Stacy holds her hand out for Sandi to shake.

 **Stacy:** Friends?

Sandi, rather than shake Stacy's hand, hugs her.

 **Sandi:** We'll always be friends, Stacy.

* * *

 **Scene 5**

 **Ext. Shot:** Pizza King, day

 **Int. Shot:** Pizza King

Daria and Quinn are having some one on one sister time.

 **Daria:** I still can't believe you made me your maid of honor.

 **Quinn:** Well, I couldn't decide between my friends so if not you then who. Besides, I still owe you for all the times I was mean to you as a kid.

 **Daria:** Quinn, you don't owe me anything. You're my sister. Just don't expect to be matron of honor if and when I ever get married. That jobs going to Jane.

 **Quinn:** I understand. If she and Alan ever tie the knot you're gonna be maid of honor so it makes sense.

 **Daria:** But, you're still gonna be a bridesmaid because you're my sister and I love you.

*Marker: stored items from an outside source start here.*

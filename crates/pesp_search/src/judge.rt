// The rules of a timetable from any hand, in their order.
ghost use Rattle.std.specs.Prelude.{◌≡◌, ◌+◌, ◌<◌, ◌≤◌, ◌==◌, ◌&&◌, length, map, slice_get};
ghost use Rattle.std.specs.Prelude.{slice_index_or};
ghost use Rattle.std.specs.Prelude.{if◌then◌else◌, None, Some, All, IfOk, IfSome};
ghost use Rattle.tables.specs.Columns.{times_p_columns};
ghost use Rattle.tables.specs.Reading.{faults, table_of};
ghost use Rattle.tables.specs.Tables.{no_row};
ghost use Rattle.tables.specs.Writing.{InColumns};
ghost use Rattle.event_tables.specs.Cells.{number_in, periodic_time};
ghost use Rattle.tables.specs.RowsOfTables.{records_by};
ghost use Rattle.pesp_search.specs.Judged.{are_in_order, broken_rows, first_broken_rule, is_table};
ghost use Rattle.pesp_search.specs.Judged.{is_time_of};

use crate::fault::TimetableFault;
use pesp::Pesp;
use plan_num::NoMemory;
use std::alloc::Global;
use tables::{ReadFault, Table, columns, read_table};

/// The first rule that the text of a timetable breaks for a problem of a period.
pub(crate) fn first_fault(
    alloc: Global,
    pesp: &Pesp,
    period: u32,
    text: &[u8],
) -> Result<Option<TimetableFault>, NoMemory>
    requires { pesp.now.period ≡ period }
    ensures { IfOk result (λ answer. answer ≡ first_broken_rule pesp.now text.now) }
{
    match time_table(alloc, text)? {
        None => Ok(Some(TimetableFault::Row)),
        Some(table) => rows_fault(alloc, pesp, period, &table),
    }
}

// The table that a text is, where it is one.
fn time_table(alloc: Global, text: &[u8]) -> Result<Option<Table<2>>, NoMemory>
    ensures read { IfOk result (λ read. read
        ≡ (if is_table text.now then Some (table_of times_p_columns text.now) else None)) }
    ensures cells { IfOk result (λ read. IfSome read
        (λ table. All (λ row. InColumns times_p_columns row.cells) table)) }
{
    match read_table(alloc, text, &columns!(TimesP)) {
        Ok(table) => Ok(Some(table)),
        Err(ReadFault::Row(_)) => Ok(None),
        Err(ReadFault::NoMemory) => Err(NoMemory),
    }
}

// The first rule that the rows of a table break.
fn rows_fault(
    alloc: Global,
    pesp: &Pesp,
    period: u32,
    table: &Table<2>,
) -> Result<Option<TimetableFault>, NoMemory>
    requires period { pesp.now.period ≡ period }
    requires cells { All (λ row. InColumns times_p_columns row.cells) table.now }
    ensures { IfOk result (λ answer. answer
        ≡ slice_get (broken_rows pesp.now (records_by periodic_time table.now)) 0) }
{
    if !are_in_order(table, pesp, period) {
        return Ok(Some(TimetableFault::Events));
    }
    let times = times_of(alloc, table)?;
    match pesp.first_violated(&times) {
        Some(_) => Ok(Some(TimetableFault::Tension)),
        None => Ok(None),
    }
}

// Whether the rows of a table are one for each event in order, with a time below the period.
fn are_in_order(table: &Table<2>, pesp: &Pesp, period: u32) -> bool
    requires period { pesp.now.period ≡ period }
    requires cells { All (λ row. InColumns times_p_columns row.cells) table.now }
    ensures { result ≡ are_in_order pesp.now (records_by periodic_time table.now) }
{
    if table.len() != pesp.event_count() {
        return false;
    }
    for row in 0..table.len() {
        if !is_in_place(table, row, period) {
            return false;
        }
    }
    true
}

// Whether a row is that of the event of its place, with a time below a period.
fn is_in_place(table: &Table<2>, row: usize, period: u32) -> bool
    requires row { row < length table.now }
    requires few { length table.now ≤ 4000 }
    requires cells { All (λ row. InColumns times_p_columns row.cells) table.now }
    ensures { result ≡ is_time_of period
        (row + 1, periodic_time (slice_index_or table.now row no_row).cells) }
{
    number(table, row, 0) as usize == row + 1 && number(table, row, 1) < period
}

// The times of the rows.
fn times_of(alloc: Global, table: &Table<2>) -> Result<Vec<u32>, NoMemory>
    requires { All (λ row. InColumns times_p_columns row.cells) table.now }
    ensures { IfOk result (λ times. times.items
        ≡ map (λ row. row.time) (records_by periodic_time table.now)) }
{
    let mut times = Vec::new(alloc);
    for row in 0..table.len() {
        times.push(number(table, row, 1))?;
    }
    Ok(times)
}

// The number of a row in a column.
fn number(table: &Table<2>, row: usize, column: usize) -> u32
    requires row { row < length table.now }
    requires column { column < 2 }
    requires cells { All (λ row. InColumns times_p_columns row.cells) table.now }
    ensures { result ≡ number_in (slice_index_or table.now row no_row).cells column }
{
    table.cell(row, column) as u32
}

 **Quinn:** I love you too, sis.

They both raise their soda cups in a toast.

 **Quinn:** To sisters.

They smile and clink cups.

 **End Credits.**

* * *

 **Next Time**

Helen takes a long, hard look at her life over the years and doesn't like what she sees. Will she decide to make some changes?


	10. Helen's Odyssey

**Opening Montage**

 **Song:** "Tik Tok" by Ke$ha

We see Quinn wake up in the morning. Next, we see her emerge from a house with Jim. They jump into a Silver Camaro SS and race down the street. This is followed by a shot of Quinn and Jim fawning over Chuck and Stacy's baby. Next, a shot of Kevin trying to mow his lawn while talking to Quinn and Jim. Pan out to reveal that he has accidentally mowed down Brittany's rose bush. Next, we see Sandi at a restaurant with a girl. They look like they're more than just friends. Cut to a shot of Helen telling off Eric. Next, Daria and a guy on a double-date with Quinn and Jim. Finally, we see the new Camaro pull up to the house as Quinn and Jim walk in. Once the door closes cut to Quinn's smiling face in a circle with a pink background. Below that...

 **Quinn**

 **in**

 **"Helen's Odyssey"**

 **Story by**

 **WildDogJJ**

 **Law Offices of Vitale, Davis, Horowitz, Riordin, Schrecter, Schrecter, Schrecter and Morgendorffer...**

Helen is seated at her desk and looks miserable. She's alone with her thoughts..

 _How did I get to this? My lifelong dream of making partner has turned into a nightmare._

She shakes her head.

 _It wasn't my lifelong dream. I became a lawyer because I wanted to champion justice._

She thinks back to the day she and Jake left the commune. They wanted to change the world but now, thirty-seven years later, she's haunted by the words of her friend, Sunflower...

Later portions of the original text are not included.